Earlier today, Indiana governor Mike Pence hastily called for the state legislature to pass a law clarifying that his state’s universally pilloried Religious Freedom Restoration Act does not give carte blanche to discriminate against anyone–including gays and lesbians–on religious grounds. This came almost exactly 48 hours after he steadfastly vowed on national television that no such changes would be made. What changed from Sunday to today? Well, it’s hard not to believe that the final straw was a not-so-gentle push from his state’s largest newspaper, The Indianapolis Star. This morning’s edition led with a scathing front-page editorial demanding that the state legislature pass a human rights law banning discrimination on the basis of sexual orientation.
Want to know just how upset The Star’s editorial board was with this law? It not only moved this editorial to the front page–a rarity for any big-city paper–but used a three-inch headline that made its stance known in no uncertain terms: ‘FIX THIS NOW.’ To The Star’s mind, RFRA has done “enormous harm” to Indiana, and the damage will only get worse unless Pence and the legislature take “bold action”–and soon. If RFRA remains on the books as originally enacted, The Star argues, it will not only ruin Indiana’s image as “a state that embraces people of diverse backgrounds,” but will make it harder to attract jobs and workers.
The Star does not believe repealing the law–as the Democrats in the legislature have demanded–is a realistic option. Not only there are many Hoosiers who have “a genuine desire to protect religious freedom,” but it does not think repealing the law will “move the state forward.” At the same time, it believes that it is possible for a state human rights law to co-exist with RFRA. It points out that neighboring Illinois has a religious freedom law on the books, but also gives LGBT residents protected status. As The Star sees it, this law has put Indiana in “a state of crisis”–one that can only end if the state’s leaders move quickly to ensure that “all Hoosiers have strong protections against discrimination.”
How strongly does The Star feel about this? It’s started a hashtag campaign, “#WeAreIndiana,” to let the rest of the world know that Indiana does not discriminate. At least one state agency seems to have taken up the chant, based on this tweet from the state Office of Tourism Development’s official Twitter account:
ALL are welcome here. #WeAreIndiana
? Visit Indiana (@VisitIndiana) March 31, 2015
The Star has also provided accompanying Facebook profile pictures and cover pictures for those who want to join in the campaign. The message is obvious–The Star sees this as an issue on which there is no other side. When you consider the numerous religious right leaders who have stated that this law was indeed intended to give legal sanction to discrimination, it’s hard not to agree with The Star.
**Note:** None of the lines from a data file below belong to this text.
//! Labels of a `switch`.

ghost use Rattle.std.specs.Prelude.{◌≡◌, true, false, not, ◌∷◌, [], IfOk, IfErr, OnOk};
ghost use Rattle.cl_tree.specs.Shapes.{is_number};
ghost use Rattle.cl_builtins.specs.Kinds.{is_gentype};
ghost use Rattle.cl_make.specs.Ready.{Grows, IsReady};
ghost use Rattle.cl_rules.specs.Operands.{first_broken};
ghost use Rattle.cl_scope.specs.Scopes.{IsKnownEnv};
ghost use Rattle.cl_typing.specs.Answers.{LabelsAreTyped, LabelsStop, LabelIs, LabelStops, CaseIs, CaseStops, CaseValueIs, CaseValueStops};
ghost use Rattle.cl_typing.specs.Statements.{tested_first, no_case, and_seen, default_tests, falls_at};

use crate::condition::{out, tested_type};
use crate::values::Values;
use cl_ast::expression::Expr;
use cl_ast::statement::Label;
use cl_builtins::Gentype;
use cl_constants::{constancy, divides, number_in, number_to, shape};
use cl_make::{Typed, converted};
use cl_rules::{Operand, Want, first_broken};
use cl_scope::Names;
use cl_tree::{Shape, TExpr};
use cl_type_expr::expr;
use cl_types::TypeTable;
use clv_place::{NoMemory, Place, Stop};
use std::alloc::Global;

/// What the sections of a `switch` know: the type of what is tested, the values that stand there already, whether a
/// default does, and whether the section before ends.
#[derive(Drop)]
pub struct Tested {
    pub of: Gentype,
    pub seen: Values,
    pub has_default: bool,
    pub before: bool,
}

impl Tested {
    /// Before the first section, where a value of this type is tested.
    pub(crate) fn first(alloc: Global, s: Shape) -> Tested
        ensures { result ≡ tested_first s }
    {
        Tested {
            of: tested_type(s),
            seen: Values::new(alloc),
            has_default: false,
            before: true,
        }
    }

    // Whether a value isn't one of a case here: it isn't constant, or stands there already.
    fn has_no_case(&self, n: Option<u64>) -> bool
        ensures { result ≡ no_case n self.now.seen }
    {
        match n {
            None => true,
            Some(n) => self.seen.contains(n),
        }
    }

    // The least code that a case's value breaks: 311, 320.
    fn case_broken(&self, o: Operand, n: Option<u64>) -> Option<u16>
        ensures { result ≡ first_broken ((311, not (is_number o.shape)) ∷ (320, no_case n self.now.seen) ∷ []) }
    {
        first_broken(&[(311, !o.shape.is_number()), (320, self.has_no_case(n))])
    }

    // Adds the value of a case.
    fn see(&mut self, n: Option<u64>) -> Result<(), NoMemory>
        requires { no_case n self.old.seen ≡ false }
        ensures { OnOk result (self.new ≡ and_seen n self.old) }
    {
        match n {
            None => Ok(()),
            Some(n) => self.seen.push(n),
        }
    }
}

// The value of a case, converted to the type of what is tested: 334 where it divides by zero or out of range.
fn case_value(
    alloc: Global,
    typed: &Typed,
    of: Gentype,
    types: &TypeTable,
) -> Result<Option<u64>, Stop>
    requires ready { IsReady types.now typed.now }
    requires kind { is_gentype of ≡ true }
    ensures ok { IfOk result (CaseValueIs types.now of typed.now) }
    ensures out { IfErr result (CaseValueStops types.now typed.now.tree) }
{
    types.is_table();
    let value = constancy(alloc, types, &typed.tree)?;
    if let Some(place) = divides(&value) {
        return Err(out(334, place));
    }
    let from = shape(types, typed.tree.ty);
    match number_in(from, &value) {
        None => Ok(None),
        Some(n) => Ok(Some(number_to(from, Shape::Integers(of), n))),
    }
}

// A case: 311, 320, 334.
fn case(
    alloc: Global,
    e: &Expr,
    place: Place,
    tested: &mut Tested,
    names: &mut Names,
    types: &mut TypeTable,
) -> Result<TExpr, Stop>
    requires known { IsKnownEnv types.old names.old }
    requires kind { is_gentype tested.old.of ≡ true }
    ensures ok { IfOk result (CaseIs types.new tested.old names.old e.now tested.new names.new) }
    ensures out { IfErr result (CaseStops types.new tested.old names.old e.now place) }
    ensures grows { Grows types.old types.new }
{
    types.is_table();
    let typed = expr(alloc, e, false, names, types)?;
    types.is_table();
    let n = case_value(alloc, &typed, tested.of, types)?;
    if let Some(code) = tested.case_broken(typed.operand, n) {
        return Err(out(code, place));
    }
    let want = Want::Of(Shape::Integers(tested.of));
    tested.see(n)?;
    Ok(converted(alloc, want, typed, types)?)
}

// The least code that a default breaks: 321, 322.
fn default_broken(again: bool, falls: bool) -> Option<u16>
    ensures { result ≡ first_broken (default_tests again falls) }
{
    first_broken(&[(321, again), (322, falls)])
}

// Whether a default of a section falls through: the section isn't the last, and doesn't stand between two that end.
pub(crate) fn falls(last: bool, ends: bool, before: bool) -> bool
    ensures { result ≡ falls_at last ends before }
{
    !last && !(ends && before)
}

// A label of a section, where a default would fall through or not.
fn label(
    alloc: Global,
    falls: bool,
    label: &Label,
    tested: &mut Tested,
    names: &mut Names,
    types: &mut TypeTable,
) -> Result<Option<TExpr>, Stop>
    requires known { IsKnownEnv types.old names.old }
    requires kind { is_gentype tested.old.of ≡ true }
    ensures ok { IfOk result (LabelIs types.new falls tested.old names.old label.now tested.new names.new) }
    ensures out { IfErr result (LabelStops types.new falls tested.old names.old label.now) }
    ensures grows { Grows types.old types.new }
{
    types.is_table();
    match &label.value {
        Some(e) => {
            let value = case(alloc, e, label.place, tested, names, types)?;
            Ok(Some(value))
        }
        None => {
            if let Some(code) = default_broken(tested.has_default, falls) {
                return Err(out(code, label.place));
            }
            tested.has_default = true;
            Ok(None)
        }
    }
}

// The labels of a section, where a default would fall through or not.
pub(crate) fn labels(
    alloc: Global,
    falls: bool,
    all: &[Label],
    tested: &mut Tested,
    names: &mut Names,
    types: &mut TypeTable,
) -> Result<Vec<Option<TExpr>>, Stop>
    requires known { IsKnownEnv types.old names.old }
    requires kind { is_gentype tested.old.of ≡ true }
    ensures ok { IfOk result (λ ls. LabelsAreTyped types.new falls tested.old names.old all.now tested.new names.new ls.items) }
    ensures out { IfErr result (LabelsStop types.new falls tested.old names.old all.now) }
    ensures grows { Grows types.old types.new }
{
    types.is_table();
    let mut typed = Vec::new(alloc);
    for one in all {
        typed.push(label(alloc, falls, one, tested, names, types)?)?;
    }
    Ok(typed)
}
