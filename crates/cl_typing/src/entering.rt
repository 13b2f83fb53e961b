//! Where the parts of a statement begin: a block, the body of a loop, the sections of a `switch`.

ghost use Rattle.std.specs.Prelude.{◌≡◌, true, length};
ghost use Rattle.cl_builtins.specs.Found.{IsKnown};
ghost use Rattle.cl_builtins.specs.Kinds.{is_gentype};
ghost use Rattle.cl_make.specs.Ready.{IsReady};
ghost use Rattle.cl_scope.specs.Names.{entered};
ghost use Rattle.cl_scope.specs.Scopes.{IsKnownEnv};
ghost use Rattle.cl_typing.specs.Settings.{in_loop};
ghost use Rattle.cl_typing.specs.Statements.{tested_first};

use crate::label::Tested;
use crate::setting::Setting;
use cl_make::Typed;
use cl_scope::Names;
use cl_types::TypeTable;
use std::alloc::Global;

// Enters a block, and answers the mark by which it is left.
pub(crate) fn enter(names: &mut Names, types: &TypeTable) -> usize
    requires { IsKnownEnv types.now names.old }
    ensures block { names.new ≡ entered names.old }
    ensures mark { result ≡ length names.old.outer }
    ensures known { IsKnownEnv types.now names.new }
{
    types.is_table();
    names.enter()
}

// The body of a loop that stands here.
pub(crate) fn looped(p: Setting, types: &TypeTable) -> Setting
    requires { IsKnown types.now p.result }
    ensures is { result ≡ in_loop p }
    ensures known { IsKnown types.now result.result }
{
    types.is_table();
    p.in_loop()
}

// Before the first section of a `switch` that tests this.
pub(crate) fn first_tested(alloc: Global, typed: &Typed, types: &TypeTable) -> Tested
    requires { IsReady types.now typed.now }
    ensures is { result ≡ tested_first typed.now.operand.shape }
    ensures kind { is_gentype result.of ≡ true }
{
    types.is_table();
    Tested::first(alloc, typed.operand.shape)
}
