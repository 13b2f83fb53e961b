//! Conditions, and what else of a statement is typed by a rule of its own.

ghost use Rattle.std.specs.Prelude.{◌≡◌, Some, None, IfOk, IfErr};
ghost use Rattle.clv_place.specs.declared.stop.Stop.TheVariants.{Out};
ghost use Rattle.cl_ast.specs.declared.statement.StmtNode.TheViews.{out-Stmt};
ghost use Rattle.cl_ast.specs.declared.statement.StmtNode.TheVariants as node;
ghost use Rattle.cl_builtins.specs.Found.{IsKnown};
ghost use Rattle.cl_make.specs.Ready.{Grows, IsReady};
ghost use Rattle.cl_rules.specs.Operands.{first_broken};
ghost use Rattle.cl_scope.specs.Scopes.{IsKnownEnv};
ghost use Rattle.cl_type_expr.specs.Offences.{at};
ghost use Rattle.cl_typing.specs.Answers.{MayBeIs, MayBeStops, ForConditionIs, ConditionIs, ConditionStops, AloneIs, AloneStops, LeavingIs, LeavingStops, SwitchIs, SwitchStops};
ghost use Rattle.cl_typing.specs.Statements.{tested_type, no_switch, return_tests_of};

use crate::setting::Setting;
use cl_ast::expression::Expr;
use cl_ast::statement::Stmt;
use cl_builtins::Gentype;
use cl_make::{Typed, converted, number, shaped};
use cl_rules::{Operand, Target, Want, first_broken, no_pointer, no_value, type_of};
use cl_scope::Names;
use cl_tree::{Shape, TExpr, TStmt, TStmtNode, promoted};
use cl_type_expr::expr;
use cl_types::TypeTable;
use clv_place::{Offence, Place, Stop};
use std::alloc::Global;

// An offence at a place.
pub(crate) fn out(code: u16, place: Place) -> Stop
    ensures { result ≡ Out (at code place) }
{
    Stop::Out(Offence { code, place })
}

// An expression that may be missing.
pub(crate) fn may_be(
    alloc: Global,
    e: &Option<Expr>,
    names: &mut Names,
    types: &mut TypeTable,
) -> Result<Option<TExpr>, Stop>
    requires known { IsKnownEnv types.old names.old }
    ensures ok { IfOk result (MayBeIs types.new names.old e.now names.new) }
    ensures out { IfErr result (MayBeStops types.new names.old e.now) }
    ensures grows { Grows types.old types.new }
{
    types.is_table();
    match e {
        Some(e) => Ok(Some(expr(alloc, e, false, names, types)?.tree)),
        None => Ok(None),
    }
}

// The condition of `for`, which is 1 where it is missing.
pub(crate) fn for_condition(
    alloc: Global,
    place: Place,
    e: &Option<Expr>,
    names: &mut Names,
    types: &mut TypeTable,
) -> Result<Typed, Stop>
    requires known { IsKnownEnv types.old names.old }
    ensures ok { IfOk result (ForConditionIs types.new place names.old e.now names.new) }
    ensures out { IfErr result (MayBeStops types.new names.old e.now) }
    ensures grows { Grows types.old types.new }
{
    types.is_table();
    match e {
        Some(e) => expr(alloc, e, false, names, types),
        None => Ok(number(Gentype::int(), 1, place, types)?),
    }
}

// The tree of a condition: 318 where it is no number.
pub(crate) fn condition(typed: Typed, place: Place) -> Result<TExpr, Stop>
    ensures ok { IfOk result (ConditionIs typed) }
    ensures out { IfErr result (ConditionStops typed place) }
{
    if !typed.operand.shape.is_number() {
        return Err(out(318, place));
    }
    Ok(typed.tree)
}

// The type of what is tested by a `switch`.
pub(crate) fn tested_type(s: Shape) -> Gentype
    ensures { result ≡ tested_type s }
{
    if s.is_number() {
        promoted(type_of(s))
    } else {
        Gentype::int()
    }
}

// Whether a value of this type isn't tested by a `switch` (318).
fn no_switch(s: Shape) -> bool
    ensures { result ≡ no_switch s }
{
    !s.is_number() || tested_type(s).bits > 32
}

// The tree of what is tested by a `switch`: 318 where it is no integer of at most 32 bits.
pub(crate) fn switched(
    alloc: Global,
    typed: Typed,
    place: Place,
    types: &mut TypeTable,
) -> Result<TExpr, Stop>
    requires ready { IsReady types.old typed }
    ensures ok { IfOk result (SwitchIs types.new typed) }
    ensures out { IfErr result (SwitchStops typed place) }
    ensures grows { Grows types.old types.new }
{
    types.is_table();
    let shape = typed.operand.shape;
    if no_switch(shape) {
        return Err(out(318, place));
    }
    let want = Want::Of(Shape::Integers(tested_type(shape)));
    Ok(converted(alloc, want, typed, types)?)
}

// A statement that is an expression.
pub(crate) fn expression(
    alloc: Global,
    p: Setting,
    s: &Stmt,
    e: &Expr,
    names: &mut Names,
    types: &mut TypeTable,
) -> Result<TStmt, Stop>
    requires known { IsKnownEnv types.old names.old }
    requires is { (out-Stmt s.now).node ≡ node.Expr e.now }
    ensures ok { IfOk result (AloneIs types.new p names.old s.now names.new) }
    ensures out { IfErr result (AloneStops types.new p names.old s.now) }
    ensures grows { Grows types.old types.new }
{
    types.is_table();
    let typed = expr(alloc, e, false, names, types)?;
    Ok(TStmt {
        place: s.place,
        node: TStmtNode::Expr(typed.tree),
    })
}

// The least code that `return` breaks, with its value or without.
fn return_broken(gives: Target, value: Option<Operand>) -> Option<u16>
    ensures { result ≡ first_broken (return_tests_of gives value) }
{
    match value {
        None => first_broken(&[(323, !gives.shape.is_void())]),
        Some(o) => {
            if gives.shape.is_void() {
                return first_broken(&[(323, true)]);
            }
            first_broken(&[(311, no_value(o, gives)), (333, no_pointer(o, gives))])
        }
    }
}

// A `return`, with its value or without: 311, 323, 333.
pub(crate) fn return_statement(
    alloc: Global,
    p: Setting,
    s: &Stmt,
    value: &Option<Expr>,
    names: &mut Names,
    types: &mut TypeTable,
) -> Result<TStmt, Stop>
    requires known { IsKnownEnv types.old names.old }
    requires result { IsKnown types.old p.result }
    requires is { (out-Stmt s.now).node ≡ node.Return value.now }
    ensures ok { IfOk result (AloneIs types.new p names.old s.now names.new) }
    ensures out { IfErr result (AloneStops types.new p names.old s.now) }
    ensures grows { Grows types.old types.new }
{
    types.is_table();
    match value {
        Some(e) => return_value(alloc, p, s, e, names, types),
        None => return_nothing(p, s, names, types),
    }
}

// A `return` with a value.
fn return_value(
    alloc: Global,
    p: Setting,
    s: &Stmt,
    e: &Expr,
    names: &mut Names,
    types: &mut TypeTable,
) -> Result<TStmt, Stop>
    requires known { IsKnownEnv types.old names.old }
    requires result { IsKnown types.old p.result }
    requires is { (out-Stmt s.now).node ≡ node.Return (Some e.now) }
    ensures ok { IfOk result (AloneIs types.new p names.old s.now names.new) }
    ensures out { IfErr result (AloneStops types.new p names.old s.now) }
    ensures grows { Grows types.old types.new }
{
    types.is_table();
    let typed = expr(alloc, e, false, names, types)?;
    types.is_table();
    let gives = shaped(types, p.result);
    if let Some(code) = return_broken(gives, Some(typed.operand)) {
        return Err(out(code, s.place));
    }
    let value = converted(alloc, Want::Type(p.result), typed, types)?;
    Ok(TStmt {
        place: s.place,
        node: TStmtNode::Return(Some(value)),
    })
}

// A `return` without a value.
fn return_nothing(p: Setting, s: &Stmt, names: &Names, types: &TypeTable) -> Result<TStmt, Stop>
    requires known { IsKnownEnv types.now names.now }
    requires result { IsKnown types.now p.result }
    requires is { (out-Stmt s.now).node ≡ node.Return None }
    ensures ok { IfOk result (AloneIs types.now p names.now s.now names.now) }
    ensures out { IfErr result (AloneStops types.now p names.now s.now) }
{
    types.is_table();
    let gives = shaped(types, p.result);
    if let Some(code) = return_broken(gives, None) {
        return Err(out(code, s.place));
    }
    Ok(TStmt {
        place: s.place,
        node: TStmtNode::Return(None),
    })
}

// A `break` or a `continue`, where it may stand or not: 319.
pub(crate) fn leaving(s: &Stmt, may: bool, node: TStmtNode) -> Result<TStmt, Stop>
    ensures ok { IfOk result (LeavingIs may (out-Stmt s.now).place node) }
    ensures out { IfErr result (LeavingStops may (out-Stmt s.now).place) }
{
    if !may {
        return Err(out(319, s.place));
    }
    Ok(TStmt {
        place: s.place,
        node,
    })
}
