//! Values of cases, while the labels of a `switch` are read.

ghost use Rattle.std.specs.Prelude.{◌≡◌, ◌++◌, ◌∷◌, [], false, OnOk, OnErr};
ghost use Rattle.cl_typing.specs.Statements.{is_among};

use clv_place::NoMemory;
use indexmap::IndexMap;
use std::alloc::Global;
use std::marker::Model;

/// Numbers of which each is found at once. A contract sees their list.
#[derive(Drop)]
pub struct Values {
    numbers: IndexMap<u64, ()>,
}

impl Model for Values {
    ghost use Rattle.std.specs.Prelude.{ℕ, List};
    ghost use Rattle.cl_typing.specs.Values.{numbers_in};

    ghost Value = { List ℕ };

    ghost view = { λ v. numbers_in v.numbers.entries };
}

impl Values {
    /// No numbers. It takes no memory.
    pub fn new(alloc: Global) -> Self
        ensures { result ≡ [] }
    {
        Values {
            numbers: IndexMap::new(alloc),
        }
    }

    /// Whether a number is among them.
    pub fn contains(&self, n: u64) -> bool
        ensures { result ≡ is_among n self.now }
    {
        self.numbers.contains_key(&n)
    }

    /// Adds a number that isn't among them. For want of memory it changes nothing.
    pub fn push(&mut self, n: u64) -> Result<(), NoMemory>
        requires { is_among n self.old ≡ false }
        ensures ok { OnOk result (self.new ≡ self.old ++ n ∷ []) }
        ensures err { OnErr result (self.new ≡ self.old) }
    {
        self.numbers.insert(n, ())?;
        Ok(())
    }
}
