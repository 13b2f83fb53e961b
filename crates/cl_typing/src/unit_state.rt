//! What stands at file scope so far.

ghost use Rattle.std.specs.Prelude.{◌≡◌, OnOk};
ghost use Rattle.cl_typing.specs.Units.{empty, size_for, and_size, is_made, and_function};

use crate::function_list::{FunctionList, size_at};
use crate::name_list::NameList;
use cl_scope::Names;
use cl_tree::{ConstantVar, Function};
use clv_place::{List, NoMemory};
use std::alloc::Global;

/// The declarations, the constants, the functions that have a body with their names, and the sizes that functions
/// require with the names of these functions.
#[derive(Drop)]
pub struct UnitState {
    pub env: Names,
    pub constants: List<ConstantVar>,
    pub functions: FunctionList,
    pub defined: NameList,
    pub sized: NameList,
    pub sizes: List<[u32; 3]>,
}

impl UnitState {
    /// Nothing stands there. It takes no memory.
    pub(crate) fn new(alloc: Global) -> UnitState
        ensures { result ≡ empty }
    {
        UnitState {
            env: Names::new(alloc),
            constants: List::new(alloc),
            functions: FunctionList::new(alloc),
            defined: NameList::new(alloc),
            sized: NameList::new(alloc),
            sizes: List::new(alloc),
        }
    }

    /// The size that a function requires.
    pub(crate) fn size_for(&self, name: &[u8]) -> Option<[u32; 3]>
        ensures { result ≡ size_for name.now self.now }
    {
        size_at(self.sizes.as_slice(), self.sized.position(name))
    }

    /// Adds the size that a function requires, where it says one.
    pub(crate) fn add_size(&mut self, name: &[u8], size: Option<[u32; 3]>) -> Result<(), NoMemory>
        ensures { OnOk result (self.new ≡ and_size name.now size self.old) }
    {
        match size {
            None => Ok(()),
            Some(size) => {
                self.sized.add(name)?;
                self.sizes.push(size)
            }
        }
    }

    /// Whether a function of the name has a body.
    pub(crate) fn is_made(&self, name: &[u8]) -> bool
        ensures { result ≡ is_made name.now self.now }
    {
        self.defined.position(name).is_some()
    }

    /// Adds a function that has a body.
    pub(crate) fn add_function(&mut self, function: Function) -> Result<(), NoMemory>
        ensures { OnOk result (self.new ≡ and_function function self.old) }
    {
        self.defined.add(function.name.as_slice())?;
        self.functions.push(function)
    }
}
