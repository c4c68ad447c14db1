//! Who has keys in a house, and which envelopes forge a signature.
//!
//! - `holders`: the holders that a house declares, with their accounts
//! - `compliant`: the holders that keep to their program, each with its keeper
//! - `forgery`: envelopes that say what no compliant holder has signed
#![tactic(auto)]

pub mod compliant;
pub mod forgery;
pub mod holders;

pub use compliant::{Compliant, compliant_of};
pub use forgery::{Forgery, forgery_of};
pub use holders::{DeclaredHolder, Holders};
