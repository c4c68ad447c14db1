//! The holders that keep to their program.

ghost use Rattle.std.specs.Prelude.{◌≡◌, IfOk};
ghost use Rattle.std.specs.List.{filter_map};
ghost use Rattle.house_holders.specs.Compliant.{compliant_by, compliant_of};

use crate::holders::DeclaredHolder;
use dh_base::{Id, Name, NoMemory};
use house_grammar::Conduct;
use keeper_core::MemKeeper;
use std::alloc::Global;
use std::marker::Model;

/// A holder that keeps to its program, with its keeper.
#[derive(Drop)]
pub struct Compliant {
    name: Name,
    account: Id,
    keeper: MemKeeper,
}

impl Model for Compliant {
    ghost use Rattle.house_holders.specs.Compliant.{CompliantTold, compliant_code};

    ghost Value = { CompliantTold };

    ghost coded = { compliant_code };

    ghost view = { λ h. record { name = h.name; account = h.account; keeper = h.keeper } };
}

impl Compliant {
    pub fn name(&self) -> &Name
        ensures { result.now ≡ self.now.name }
    {
        &self.name
    }

    pub fn account(&self) -> &Id
        ensures { result.now ≡ self.now.account }
    {
        &self.account
    }

    pub fn keeper(&self) -> &MemKeeper
        ensures { result.now ≡ self.now.keeper }
    {
        &self.keeper
    }
}

/// The holder with a keeper of no rows, if it keeps to its program.
fn compliant_by(alloc: Global, holder: &DeclaredHolder) -> Option<Compliant>
    ensures { result ≡ compliant_by holder.now }
{
    match holder.conduct() {
        Conduct::Deviant => None,
        Conduct::Honest => Some(Compliant {
            name: *holder.name(),
            account: *holder.account(),
            keeper: MemKeeper::new(alloc),
        }),
    }
}

/// Those of the holders that keep to their program, each with a keeper of no rows.
pub fn compliant_of(alloc: Global, holders: &[DeclaredHolder]) -> Result<Vec<Compliant>, NoMemory>
    ensures { IfOk result (λ compliant. compliant.items ≡ compliant_of holders.now) }
{
    let mut compliant = Vec::new(alloc);
    for holder in holders {
        if let Some(found) = compliant_by(alloc, holder) {
            compliant.push(found)?;
        }
    }
    Ok(compliant)
}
As bold as this is, it’s even more so when you put it in historical context. For most of its history, The Star has been a strongly Republican paper. From 1944 to 2000, it was owned by the Pulliam family, maternal relatives of former Vice President Dan Quayle. However, a little digging reveals that the paper endorsed Lyndon Johnson in 1964–one of only three times in the last half-century that it hasn’t endorsed a Republican for president; it didn’t endorse anyone at all in 2008 and 2012. When you combine that with today’s editorial, it’s hard not to think that this paper’s brand of Republicanism is of the old-school “Main Street” variety, as opposed to the tea party and religious right variety espoused by Pence.
From what I know about Indiana, it’s one of the few states where a newspaper endorsement or editorial can still move the needle. That’s why it seems pretty obvious that this editorial is what forced Pence’s hand. He could blow off all the criticism from across the nation. He could have even dismissed the criticism from Indianapolis mayor Greg Ballard; while Ballard is a Republican like Pence, he leads a city that has undergone a dramatic transformation from red to blue since the dawn of the new millennium, and it’s not likely that Ballard could have backed this law and kept his job. However, when the state’s largest newspaper–one that has historically been very Republican–says this law is a disaster, there was no way that Pence could possibly ignore it. Now let’s hope the legislature does take The Star’s advice and fix this terrible law.